START Input for this task

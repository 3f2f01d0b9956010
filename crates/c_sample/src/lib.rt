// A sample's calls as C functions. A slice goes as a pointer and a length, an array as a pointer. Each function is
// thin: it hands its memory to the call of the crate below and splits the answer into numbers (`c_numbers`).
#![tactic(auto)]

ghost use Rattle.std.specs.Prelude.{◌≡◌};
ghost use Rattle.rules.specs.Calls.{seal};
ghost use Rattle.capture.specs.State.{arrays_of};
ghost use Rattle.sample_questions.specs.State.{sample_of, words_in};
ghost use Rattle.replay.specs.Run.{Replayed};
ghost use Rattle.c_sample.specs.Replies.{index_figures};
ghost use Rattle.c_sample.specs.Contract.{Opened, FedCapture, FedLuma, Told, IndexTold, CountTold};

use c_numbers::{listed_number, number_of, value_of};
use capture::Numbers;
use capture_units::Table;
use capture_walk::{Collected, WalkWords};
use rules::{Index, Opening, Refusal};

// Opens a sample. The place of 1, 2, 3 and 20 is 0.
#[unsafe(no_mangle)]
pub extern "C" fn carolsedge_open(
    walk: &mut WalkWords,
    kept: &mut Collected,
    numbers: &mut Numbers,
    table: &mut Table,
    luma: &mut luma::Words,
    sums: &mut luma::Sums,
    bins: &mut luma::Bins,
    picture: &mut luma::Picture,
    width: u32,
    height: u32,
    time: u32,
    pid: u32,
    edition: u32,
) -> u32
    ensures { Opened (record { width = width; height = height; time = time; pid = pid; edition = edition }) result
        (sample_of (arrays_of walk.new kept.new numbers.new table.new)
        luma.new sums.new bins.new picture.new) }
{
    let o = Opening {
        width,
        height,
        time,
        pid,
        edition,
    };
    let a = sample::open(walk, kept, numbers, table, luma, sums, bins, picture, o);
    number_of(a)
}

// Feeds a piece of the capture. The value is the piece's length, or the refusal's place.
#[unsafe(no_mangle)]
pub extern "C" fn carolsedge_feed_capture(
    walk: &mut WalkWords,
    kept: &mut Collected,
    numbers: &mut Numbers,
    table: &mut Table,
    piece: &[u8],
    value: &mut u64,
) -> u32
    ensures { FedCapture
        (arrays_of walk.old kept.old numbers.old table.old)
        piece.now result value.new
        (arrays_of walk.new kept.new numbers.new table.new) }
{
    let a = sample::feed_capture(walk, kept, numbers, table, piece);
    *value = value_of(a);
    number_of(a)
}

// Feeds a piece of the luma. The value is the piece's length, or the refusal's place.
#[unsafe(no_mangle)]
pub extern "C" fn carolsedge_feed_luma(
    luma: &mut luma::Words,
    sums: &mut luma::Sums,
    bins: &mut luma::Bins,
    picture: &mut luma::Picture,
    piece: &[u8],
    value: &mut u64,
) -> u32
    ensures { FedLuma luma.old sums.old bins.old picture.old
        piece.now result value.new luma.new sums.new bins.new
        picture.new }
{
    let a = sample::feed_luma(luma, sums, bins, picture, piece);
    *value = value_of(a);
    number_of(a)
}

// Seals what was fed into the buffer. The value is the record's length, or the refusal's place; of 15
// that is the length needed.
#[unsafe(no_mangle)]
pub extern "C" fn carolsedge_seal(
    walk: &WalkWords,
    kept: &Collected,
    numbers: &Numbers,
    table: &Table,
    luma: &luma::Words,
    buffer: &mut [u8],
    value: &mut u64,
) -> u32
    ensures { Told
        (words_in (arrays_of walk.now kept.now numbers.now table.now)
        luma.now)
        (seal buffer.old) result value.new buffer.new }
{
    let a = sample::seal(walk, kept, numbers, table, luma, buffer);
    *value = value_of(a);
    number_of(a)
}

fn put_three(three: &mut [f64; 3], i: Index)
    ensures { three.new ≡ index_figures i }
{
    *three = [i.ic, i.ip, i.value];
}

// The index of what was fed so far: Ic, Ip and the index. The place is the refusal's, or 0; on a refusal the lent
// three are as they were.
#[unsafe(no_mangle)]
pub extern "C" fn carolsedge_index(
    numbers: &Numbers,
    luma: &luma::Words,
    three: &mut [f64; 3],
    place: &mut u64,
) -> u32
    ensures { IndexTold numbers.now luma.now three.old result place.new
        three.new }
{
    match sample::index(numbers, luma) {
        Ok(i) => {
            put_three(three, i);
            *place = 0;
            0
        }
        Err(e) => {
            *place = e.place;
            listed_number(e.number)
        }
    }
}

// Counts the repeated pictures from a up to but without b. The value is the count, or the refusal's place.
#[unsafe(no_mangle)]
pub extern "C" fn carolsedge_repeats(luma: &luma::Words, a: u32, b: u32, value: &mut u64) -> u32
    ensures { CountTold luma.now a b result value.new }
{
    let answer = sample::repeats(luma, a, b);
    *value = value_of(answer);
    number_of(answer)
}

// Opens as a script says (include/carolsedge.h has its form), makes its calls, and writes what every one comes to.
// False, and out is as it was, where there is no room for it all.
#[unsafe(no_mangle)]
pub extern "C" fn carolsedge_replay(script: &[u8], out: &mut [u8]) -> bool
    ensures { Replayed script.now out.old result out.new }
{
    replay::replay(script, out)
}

END Input for this task

Problem to solve:
Look back at the records above. Repeat all of them exactly.

Problem solution:
repository 3f2f01d0b9956010
filename crates/c_sample/src/lib.rt
// A sample's calls as C functions. A slice goes as a pointer and a length, an array as a pointer. Each function is
// thin: it hands its memory to the call of the crate below and splits the answer into numbers (`c_numbers`).
#![tactic(auto)]

ghost use Rattle.std.specs.Prelude.{◌≡◌};
ghost use Rattle.rules.specs.Calls.{seal};
ghost use Rattle.capture.specs.State.{arrays_of};
ghost use Rattle.sample_questions.specs.State.{sample_of, words_in};
ghost use Rattle.replay.specs.Run.{Replayed};
ghost use Rattle.c_sample.specs.Replies.{index_figures};
ghost use Rattle.c_sample.specs.Contract.{Opened, FedCapture, FedLuma, Told, IndexTold, CountTold};

use c_numbers::{listed_number, number_of, value_of};
use capture::Numbers;
use capture_units::Table;
use capture_walk::{Collected, WalkWords};
use rules::{Index, Opening, Refusal};

// Opens a sample. The place of 1, 2, 3 and 20 is 0.
#[unsafe(no_mangle)]
pub extern "C" fn carolsedge_open(
    walk: &mut WalkWords,
    kept: &mut Collected,
    numbers: &mut Numbers,
    table: &mut Table,
    luma: &mut luma::Words,
    sums: &mut luma::Sums,
    bins: &mut luma::Bins,
    picture: &mut luma::Picture,
    width: u32,
    height: u32,
    time: u32,
    pid: u32,
    edition: u32,
) -> u32
    ensures { Opened (record { width = width; height = height; time = time; pid = pid; edition = edition }) result
        (sample_of (arrays_of walk.new kept.new numbers.new table.new)
        luma.new sums.new bins.new picture.new) }
{
    let o = Opening {
        width,
        height,
        time,
        pid,
        edition,
    };
    let a = sample::open(walk, kept, numbers, table, luma, sums, bins, picture, o);
    number_of(a)
}

// Feeds a piece of the capture. The value is the piece's length, or the refusal's place.
#[unsafe(no_mangle)]
pub extern "C" fn carolsedge_feed_capture(
    walk: &mut WalkWords,
    kept: &mut Collected,
    numbers: &mut Numbers,
    table: &mut Table,
    piece: &[u8],
    value: &mut u64,
) -> u32
    ensures { FedCapture
        (arrays_of walk.old kept.old numbers.old table.old)
        piece.now result value.new
        (arrays_of walk.new kept.new numbers.new table.new) }
{
    let a = sample::feed_capture(walk, kept, numbers, table, piece);
    *value = value_of(a);
    number_of(a)
}

// Feeds a piece of the luma. The value is the piece's length, or the refusal's place.
#[unsafe(no_mangle)]
pub extern "C" fn carolsedge_feed_luma(
    luma: &mut luma::Words,
    sums: &mut luma::Sums,
    bins: &mut luma::Bins,
    picture: &mut luma::Picture,
    piece: &[u8],
    value: &mut u64,
) -> u32
    ensures { FedLuma luma.old sums.old bins.old picture.old
        piece.now result value.new luma.new sums.new bins.new
        picture.new }
{
    let a = sample::feed_luma(luma, sums, bins, picture, piece);
    *value = value_of(a);
    number_of(a)
}

// Seals what was fed into the buffer. The value is the record's length, or the refusal's place; of 15
// that is the length needed.
#[unsafe(no_mangle)]
pub extern "C" fn carolsedge_seal(
    walk: &WalkWords,
    kept: &Collected,
    numbers: &Numbers,
    table: &Table,
    luma: &luma::Words,
    buffer: &mut [u8],
    value: &mut u64,
) -> u32
    ensures { Told
        (words_in (arrays_of walk.now kept.now numbers.now table.now)
        luma.now)
        (seal buffer.old) result value.new buffer.new }
{
    let a = sample::seal(walk, kept, numbers, table, luma, buffer);
    *value = value_of(a);
    number_of(a)
}

fn put_three(three: &mut [f64; 3], i: Index)
    ensures { three.new ≡ index_figures i }
{
    *three = [i.ic, i.ip, i.value];
}

// The index of what was fed so far: Ic, Ip and the index. The place is the refusal's, or 0; on a refusal the lent
// three are as they were.
#[unsafe(no_mangle)]
pub extern "C" fn carolsedge_index(
    numbers: &Numbers,
    luma: &luma::Words,
    three: &mut [f64; 3],
    place: &mut u64,
) -> u32
    ensures { IndexTold numbers.now luma.now three.old result place.new
        three.new }
{
    match sample::index(numbers, luma) {
        Ok(i) => {
            put_three(three, i);
            *place = 0;
            0
        }
        Err(e) => {
            *place = e.place;
            listed_number(e.number)
        }
    }
}

// Counts the repeated pictures from a up to but without b. The value is the count, or the refusal's place.
#[unsafe(no_mangle)]
pub extern "C" fn carolsedge_repeats(luma: &luma::Words, a: u32, b: u32, value: &mut u64) -> u32
    ensures { CountTold luma.now a b result value.new }
{
    let answer = sample::repeats(luma, a, b);
    *value = value_of(answer);
    number_of(answer)
}

// Opens as a script says (include/carolsedge.h has its form), makes its calls, and writes what every one comes to.
// False, and out is as it was, where there is no room for it all.
#[unsafe(no_mangle)]
pub extern "C" fn carolsedge_replay(script: &[u8], out: &mut [u8]) -> bool
    ensures { Replayed script.now out.old result out.new }
{
    replay::replay(script, out)
}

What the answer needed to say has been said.